● Work instruction: In the listing below, find each line containing "again" and report it.
◆ ◆ ◆ ◆
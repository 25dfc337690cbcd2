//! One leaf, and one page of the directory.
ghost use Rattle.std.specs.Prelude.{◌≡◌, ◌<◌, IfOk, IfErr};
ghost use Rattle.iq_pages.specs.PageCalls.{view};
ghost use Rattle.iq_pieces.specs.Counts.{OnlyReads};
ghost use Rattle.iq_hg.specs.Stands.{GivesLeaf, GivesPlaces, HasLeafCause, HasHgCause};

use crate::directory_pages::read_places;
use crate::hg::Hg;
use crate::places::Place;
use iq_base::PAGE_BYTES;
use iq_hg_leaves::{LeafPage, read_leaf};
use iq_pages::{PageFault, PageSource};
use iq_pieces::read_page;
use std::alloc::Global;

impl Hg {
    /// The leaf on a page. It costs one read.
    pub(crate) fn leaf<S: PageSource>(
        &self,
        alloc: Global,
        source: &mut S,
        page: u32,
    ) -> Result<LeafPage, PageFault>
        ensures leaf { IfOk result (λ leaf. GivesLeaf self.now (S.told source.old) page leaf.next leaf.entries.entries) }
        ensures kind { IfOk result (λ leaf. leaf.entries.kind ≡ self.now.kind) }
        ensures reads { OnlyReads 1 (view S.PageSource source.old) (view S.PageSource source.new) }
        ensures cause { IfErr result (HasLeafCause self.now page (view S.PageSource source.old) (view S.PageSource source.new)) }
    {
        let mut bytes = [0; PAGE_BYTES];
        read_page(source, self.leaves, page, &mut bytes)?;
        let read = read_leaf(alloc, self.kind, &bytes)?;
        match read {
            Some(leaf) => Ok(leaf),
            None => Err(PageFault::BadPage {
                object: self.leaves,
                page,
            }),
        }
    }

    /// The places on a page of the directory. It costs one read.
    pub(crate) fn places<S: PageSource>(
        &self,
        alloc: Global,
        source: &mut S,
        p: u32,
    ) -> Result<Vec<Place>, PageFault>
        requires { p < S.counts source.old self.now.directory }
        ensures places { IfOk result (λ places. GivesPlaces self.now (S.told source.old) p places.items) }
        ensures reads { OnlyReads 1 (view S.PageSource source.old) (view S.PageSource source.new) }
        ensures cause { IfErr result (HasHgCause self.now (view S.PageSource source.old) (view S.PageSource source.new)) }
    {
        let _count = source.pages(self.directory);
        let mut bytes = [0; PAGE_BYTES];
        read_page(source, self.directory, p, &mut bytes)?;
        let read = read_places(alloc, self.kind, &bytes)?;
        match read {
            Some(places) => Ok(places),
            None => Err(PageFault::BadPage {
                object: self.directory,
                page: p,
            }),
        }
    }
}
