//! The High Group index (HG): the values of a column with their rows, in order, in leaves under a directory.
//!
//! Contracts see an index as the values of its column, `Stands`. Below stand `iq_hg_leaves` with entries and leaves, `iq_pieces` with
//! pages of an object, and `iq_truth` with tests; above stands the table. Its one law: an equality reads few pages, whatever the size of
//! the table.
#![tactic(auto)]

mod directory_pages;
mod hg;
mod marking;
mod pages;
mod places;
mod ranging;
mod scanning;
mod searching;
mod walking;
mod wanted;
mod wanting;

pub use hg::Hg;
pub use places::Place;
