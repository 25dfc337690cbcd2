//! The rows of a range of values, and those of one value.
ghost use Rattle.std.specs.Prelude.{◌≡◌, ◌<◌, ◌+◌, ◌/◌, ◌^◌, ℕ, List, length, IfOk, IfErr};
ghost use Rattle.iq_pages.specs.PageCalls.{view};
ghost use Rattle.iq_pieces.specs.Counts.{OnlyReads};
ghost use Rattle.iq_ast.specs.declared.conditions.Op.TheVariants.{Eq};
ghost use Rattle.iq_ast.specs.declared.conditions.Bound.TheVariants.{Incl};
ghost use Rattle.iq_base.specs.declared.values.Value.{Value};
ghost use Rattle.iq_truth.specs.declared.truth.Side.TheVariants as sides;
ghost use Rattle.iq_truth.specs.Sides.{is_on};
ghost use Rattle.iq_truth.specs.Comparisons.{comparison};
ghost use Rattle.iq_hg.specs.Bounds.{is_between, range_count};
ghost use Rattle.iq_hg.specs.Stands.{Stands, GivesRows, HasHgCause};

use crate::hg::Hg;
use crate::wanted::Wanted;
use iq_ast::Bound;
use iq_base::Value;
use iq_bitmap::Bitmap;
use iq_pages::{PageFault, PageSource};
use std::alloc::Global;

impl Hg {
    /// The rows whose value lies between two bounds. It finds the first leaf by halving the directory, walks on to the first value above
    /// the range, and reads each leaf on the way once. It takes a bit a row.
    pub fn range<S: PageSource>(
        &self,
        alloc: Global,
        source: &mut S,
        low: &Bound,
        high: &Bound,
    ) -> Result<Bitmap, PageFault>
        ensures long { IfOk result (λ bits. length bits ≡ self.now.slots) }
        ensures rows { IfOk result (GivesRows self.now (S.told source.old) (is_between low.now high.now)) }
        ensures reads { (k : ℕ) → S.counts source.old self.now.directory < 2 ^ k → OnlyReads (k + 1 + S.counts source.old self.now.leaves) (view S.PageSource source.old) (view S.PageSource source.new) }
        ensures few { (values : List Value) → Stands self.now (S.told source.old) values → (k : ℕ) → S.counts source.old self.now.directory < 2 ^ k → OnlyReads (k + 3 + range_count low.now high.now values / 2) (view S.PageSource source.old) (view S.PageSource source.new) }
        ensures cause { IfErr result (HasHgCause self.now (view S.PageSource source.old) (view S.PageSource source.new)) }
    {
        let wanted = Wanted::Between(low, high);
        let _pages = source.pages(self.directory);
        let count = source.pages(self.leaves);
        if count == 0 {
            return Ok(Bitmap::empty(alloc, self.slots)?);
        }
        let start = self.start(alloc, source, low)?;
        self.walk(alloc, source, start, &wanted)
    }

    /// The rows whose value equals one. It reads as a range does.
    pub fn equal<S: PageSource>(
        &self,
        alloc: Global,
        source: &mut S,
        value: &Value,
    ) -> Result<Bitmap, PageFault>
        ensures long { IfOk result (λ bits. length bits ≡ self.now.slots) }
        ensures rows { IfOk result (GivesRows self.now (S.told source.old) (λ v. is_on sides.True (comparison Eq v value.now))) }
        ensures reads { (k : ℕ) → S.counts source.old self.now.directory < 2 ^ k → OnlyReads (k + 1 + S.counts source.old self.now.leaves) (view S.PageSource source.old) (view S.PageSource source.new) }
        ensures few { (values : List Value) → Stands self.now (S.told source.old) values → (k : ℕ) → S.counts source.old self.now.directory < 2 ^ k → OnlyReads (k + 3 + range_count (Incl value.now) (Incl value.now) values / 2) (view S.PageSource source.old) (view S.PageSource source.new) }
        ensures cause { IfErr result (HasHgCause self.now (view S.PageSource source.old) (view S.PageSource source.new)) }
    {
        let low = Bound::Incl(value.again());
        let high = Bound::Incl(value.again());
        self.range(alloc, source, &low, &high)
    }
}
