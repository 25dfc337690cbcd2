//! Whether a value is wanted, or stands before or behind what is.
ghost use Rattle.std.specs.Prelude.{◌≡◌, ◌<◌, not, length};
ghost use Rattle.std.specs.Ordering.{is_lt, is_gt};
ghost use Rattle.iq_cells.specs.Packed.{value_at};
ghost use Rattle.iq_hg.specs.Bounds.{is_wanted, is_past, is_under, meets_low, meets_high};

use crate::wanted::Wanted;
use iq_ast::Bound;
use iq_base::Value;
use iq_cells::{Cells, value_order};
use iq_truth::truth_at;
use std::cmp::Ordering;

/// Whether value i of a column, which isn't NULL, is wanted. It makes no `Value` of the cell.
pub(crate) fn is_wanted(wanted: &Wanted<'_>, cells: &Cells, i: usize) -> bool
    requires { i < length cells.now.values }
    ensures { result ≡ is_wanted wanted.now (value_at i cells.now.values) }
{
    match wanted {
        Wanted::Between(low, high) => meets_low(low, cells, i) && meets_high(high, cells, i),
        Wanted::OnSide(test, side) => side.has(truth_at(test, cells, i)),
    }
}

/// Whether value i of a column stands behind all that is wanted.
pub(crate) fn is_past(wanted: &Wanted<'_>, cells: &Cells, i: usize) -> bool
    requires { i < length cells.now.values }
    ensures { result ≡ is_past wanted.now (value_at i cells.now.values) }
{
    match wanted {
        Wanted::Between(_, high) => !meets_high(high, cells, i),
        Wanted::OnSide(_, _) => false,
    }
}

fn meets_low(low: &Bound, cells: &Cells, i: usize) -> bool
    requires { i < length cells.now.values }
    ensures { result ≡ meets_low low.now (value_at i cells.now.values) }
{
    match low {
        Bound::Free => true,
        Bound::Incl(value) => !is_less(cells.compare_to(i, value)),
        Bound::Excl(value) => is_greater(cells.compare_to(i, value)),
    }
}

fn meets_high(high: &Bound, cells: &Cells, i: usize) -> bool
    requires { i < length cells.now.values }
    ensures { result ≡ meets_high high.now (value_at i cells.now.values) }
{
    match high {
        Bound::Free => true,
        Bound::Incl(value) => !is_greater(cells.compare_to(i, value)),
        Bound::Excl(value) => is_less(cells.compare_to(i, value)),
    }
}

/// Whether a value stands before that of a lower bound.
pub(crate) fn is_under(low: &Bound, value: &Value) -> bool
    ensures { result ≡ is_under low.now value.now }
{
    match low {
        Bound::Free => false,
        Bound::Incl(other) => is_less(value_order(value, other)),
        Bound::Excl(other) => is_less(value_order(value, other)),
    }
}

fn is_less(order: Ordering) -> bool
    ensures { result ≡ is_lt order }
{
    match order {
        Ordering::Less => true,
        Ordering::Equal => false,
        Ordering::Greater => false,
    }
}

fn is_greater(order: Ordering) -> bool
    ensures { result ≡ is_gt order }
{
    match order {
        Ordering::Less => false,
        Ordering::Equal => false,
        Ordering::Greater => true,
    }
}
◆ ◆ ◆ ◆
● Answer for the task:
        let low = Bound::Incl(value.again());
        let high = Bound::Incl(value.again());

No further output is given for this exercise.